Thursday, April 16, 2009

Well Said....

I feel that Heavenly Father answers many of our prayers through others. My blog is listed on the Mormon Mommy Blogs. The other day, I had a comment left after one of my posts by a fellow Mormon Mommy Blogger. She saw the title of my blog and thought that maybe she knew us, as she knew some Cox's. So, I ended up going over and checking out her blog. She had a post on her blog that hit home for me. This is what I found.... http://thechocolatechipwaffle.blogspot.com/2009/04/ppd-sisters.html

No matter how hard I try, I don't think I would ever be able to put into words the emotions that I feel or felt during these past 9 months and continue to feel. Almost all of what Terresa said, I could/can relate to. I struggle on a daily basis to know who I am and where I am going, but I am now on a journey to rediscover myself. For all of those who have reached out to help me, I truly appreciate it even if I didn't act like it. And to Terresa, thank you so much for the kind words, the wisdom and the hope that you have brought back into my life. To know that I will get through this one day at a time, one hour at a time, one minute at a time.

3 comments:

* said...

((((Big hugs))))
It's hard to explain, except that during my PPD I couldn't find the light **anywhere** I looked, not at home, not with friends or family, nowhere. I was in the dark for what felt like the longest time. the light had to find me.

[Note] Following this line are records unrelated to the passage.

//! The times that are filled in at a trip's rows, in one pass.
ghost use Rattle.std.specs.Prelude.{◌≡◌, ℕ, ◌+◌, ◌<◌, ◌≤◌, ◌^◌, length, slice_get};
ghost use Rattle.feed_rows.specs.CallPass.{gap_after, gap_at, time_in};
ghost use Rattle.feed_trips.specs.Filled.{AreFilledFrom};
ghost use Rattle.feed_trips.specs.Gaps.{gap_of, IsCarried, IsWithin};

use crate::scan::{first_time_at, next_position};
use feed_rows::StopTimeRow;
use trip_order::{is_timed, last_time};

// Two timed positions with none between: the one is left and the other reached at these seconds of the service day. Before
// the first timed row all four are 0, and behind the last one the gap ends with the rows and is reached at 0.
#[derive(Clone, Copy)]
struct Gap {
    from: usize,
    left: u32,
    to: usize,
    reached: u32,
}

// The gap that begins at a position.
fn gap_after(rows: &[StopTimeRow], from: usize) -> Gap
    requires { from < length rows.now }
    ensures { gap_of result ≡ gap_after rows.now from }
{
    let to = next_position(rows, from);
    Gap {
        from,
        left: last_time(rows[from]).unwrap_or(0),
        to,
        reached: first_time_at(rows, to),
    }
}

// The gap of a row without a time, given that of the row before where this has none either.
fn gap_at(rows: &[StopTimeRow], position: usize, before: Gap) -> Gap
    requires inside { position < length rows.now }
    requires carried { IsCarried rows.now position before }
    ensures { gap_of result ≡ gap_at rows.now position }
{
    if position > 0 && is_timed(rows[position - 1]) {
        gap_after(rows, position - 1)
    } else {
        before
    }
}

// The time at a position in a gap, laid evenly between the ends; the time of leaving where the gap is reached no later.
fn time_in(gap: Gap, position: usize) -> u32
    requires within { IsWithin gap position }
    requires few { gap.to < 2 ^ 32 }
    ensures { result ≡ time_in (gap_of gap) position }
{
    if gap.reached <= gap.left {
        return gap.left;
    }
    let span = (gap.reached - gap.left) as u64;
    gap.left + ((position - gap.from) as u64 * span / (gap.to - gap.from) as u64) as u32
}

/// Puts the times that are filled in beside the rows of a trip that have none; those rows are in order of their sequence,
/// and their times begin at a place.
pub fn fill_times(times: &mut Vec<u32>, from: usize, rows: &[StopTimeRow])
    requires room { from + length rows.now ≤ length times.old.items }
    requires few { length rows.now < 2 ^ 32 }
    ensures long { length times.new.items ≡ length times.old.items }
    ensures before { (k : ℕ) → k < from → slice_get times.new.items k ≡ slice_get times.old.items k }
    ensures filled { AreFilledFrom from rows.now times.new.items }
{
    let mut gap = Gap {
        from: 0,
        left: 0,
        to: 0,
        reached: 0,
    };
    for m in 0..rows.len() {
        if !is_timed(rows[m]) {
            gap = gap_at(rows, m, gap);
            times[from + m] = time_in(gap, m);
        }
    }
}
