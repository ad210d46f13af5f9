//! The next stop time that has a time.
ghost use Rattle.std.specs.Prelude.{◌≡◌, ◌<◌, ◌≤◌, length};
ghost use Rattle.feed_rows.specs.Calls.{first_time as first_time_of};
ghost use Rattle.feed_rows.specs.CallPass.{next_timed, time_or_zero};

use feed_rows::StopTimeRow;
use trip_order::{first_time, is_timed};

// The next position after a position that has a time; the number of rows where there is none.
#[tactic(auto, using(crate::proofs::StretchLaws::timed_scan))]
pub fn next_position(rows: &[StopTimeRow], position: usize) -> usize
    requires inside { position < length rows.now }
    ensures value { result ≡ next_timed rows.now position }
    ensures within { result ≤ length rows.now }
{
    for next in position + 1..rows.len() {
        if is_timed(rows[next]) {
            return next;
        }
    }
    rows.len()
}

// When the row at a position is reached, in seconds of the service day; 0 where it has no time.
pub fn first_time_at(rows: &[StopTimeRow], position: usize) -> u32
    ensures { result ≡ time_or_zero first_time_of rows.now position }
{
    match rows.get(position) {
        Some(row) => first_time(*row).unwrap_or(0),
        None => 0,
    }
}
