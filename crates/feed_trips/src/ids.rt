//! The trips by their ids.
ghost use Rattle.std.specs.Prelude.{◌≡◌};
ghost use Rattle.feed_rows.specs.RowsById.{find_trip, has_trip_id};

use feed_rows::Feed;
use transit_base::TripId;

// Whether the trip of the row has this id.
#[tactic(auto, unfolding(feed_rows::specs::RowsById::has_trip_id))]
fn has_id(feed: &Feed, row: usize, id: &[u8]) -> bool
    ensures { result ≡ has_trip_id feed.now id.now row }
{
    match feed.trips.items().get(row) {
        Some(trip) => trip.id.bytes() == id,
        None => false,
    }
}

/// The first trip with this id; none where no trip has it. The trips are looked through: a command asks for few ids,
/// and to put them all in order takes longer.
#[tactic(auto, using(plain_laws::proofs::Laws::found_firsts))]
pub fn trip_with(feed: &Feed, id: &[u8]) -> Option<TripId>
    ensures { result ≡ find_trip feed.now id.now }
{
    for row in 0..feed.trips.items().len() {
        if has_id(feed, row, id) {
            return Some(TripId(row as u32));
        }
    }
    None
}
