//! The calls and the frequency rows of a feed, trip by trip.
ghost use Rattle.std.specs.Prelude.{◌≡◌, ◌<◌, ◌^◌, map, AllPairs, length, IfOk};
ghost use Rattle.std.specs.List.Sorted.{IsPermutation};
ghost use Rattle.feed_rows.specs.declared.rows.FrequencyRow.{FrequencyRow};
ghost use Rattle.feed_trips.specs.Tables.{IsInOrder, trip_calls, trip_runs};

use crate::calls::TripCalls;
use crate::together::together_of;
use feed_rows::{Feed, FrequencyRow, StopTimeRow};
use item_groups::{Grouped, Groups};
use std::alloc::{AllocError, Global};
use std::borrow::CowSlice;
use trip_order::sorted_keys;

/// The stop times by trip, and those of a trip by their sequence.
///
/// # Errors
/// Want of memory.
pub fn sorted_stop_times(
    alloc: Global,
    rows: &[StopTimeRow],
) -> Result<Vec<StopTimeRow>, AllocError>
    requires { length rows.now < 2 ^ 32 }
    ensures moved { IfOk result (λ sorted. IsPermutation rows.now sorted.items) }
    ensures sorted { IfOk result (λ sorted. AllPairs IsInOrder sorted.items) }
{
    let keys = sorted_keys(alloc, rows)?;
    let mut sorted = Vec::with_capacity(alloc, rows.len())?;
    for key in &keys {
        sorted.push(rows[key.row as usize])?;
    }
    Ok(sorted)
}

// The calls of each trip, from the feed's stop times in order.
fn calls_of_sorted<'f>(
    alloc: Global,
    feed: &'f Feed,
    rows: Vec<StopTimeRow>,
) -> Result<TripCalls<'f>, AllocError>
    requires moved { IsPermutation feed.now.stop_times rows.items }
    requires sorted { AllPairs IsInOrder rows.items }
    ensures { IfOk result (λ calls. calls ≡ trip_calls feed.now) }
{
    let trips = feed.trips.items();
    let Some(found) = together_of(alloc, &rows, trips.len())? else {
        unreachable!();
    };
    Ok(TripCalls::of(CowSlice::Owned(rows), found.stretches, found.times))
}

/// The calls of each trip. Where the rows of each trip stand together and in order they are left as
/// they stand, otherwise they are copied in order.
///
/// # Errors
/// Want of memory.
pub fn calls_by_trip<'f>(alloc: Global, feed: &'f Feed) -> Result<TripCalls<'f>, AllocError>
    ensures { IfOk result (λ calls. calls ≡ trip_calls feed.now) }
{
    let rows = feed.stop_times.items();
    let trips = feed.trips.items();
    if let Some(found) = together_of(alloc, rows, trips.len())? {
        return Ok(TripCalls::of(CowSlice::Borrowed(rows), found.stretches, found.times));
    }
    let sorted = sorted_stop_times(alloc, rows)?;
    calls_of_sorted(alloc, feed, sorted)
}

// The frequency rows with the numbers of their trips.
fn numbered_runs(
    alloc: Global,
    rows: &[FrequencyRow],
) -> Result<Vec<Grouped<FrequencyRow>>, AllocError>
    ensures { IfOk result (λ runs. runs.items ≡ map (λ (f : FrequencyRow). record { group = f.trip.0; item = f }) rows.now) }
{
    rows.iter()
        .map(|row| Grouped {
            group: row.trip.0,
            item: *row,
        })
        .collect(alloc)
}

/// The frequency rows of each trip, in file order.
///
/// # Errors
/// Want of memory.
pub fn runs_by_trip(alloc: Global, feed: &Feed) -> Result<Groups<FrequencyRow>, AllocError>
    ensures { IfOk result (λ runs. runs ≡ trip_runs feed.now) }
{
    let numbered = numbered_runs(alloc, feed.frequencies.items())?;
    let trips = feed.trips.items();
    let runs = Groups::of(alloc, numbered, trips.len() as u32)?;
    Ok(runs)
}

I hope the light finds you soon. ;)

Momnerd said...

I had PPD after my first child that never went away. And I still struggle. Thank you for sharing that post. That is one thing I love about blogging. So often I read that one post that makes a difference or I get that one comment that will make my day. You hang in there girl and pop on over if you need to chat.

Vicki Johnson said...

I ♥ U. Thank you for being so honest. You are a good example.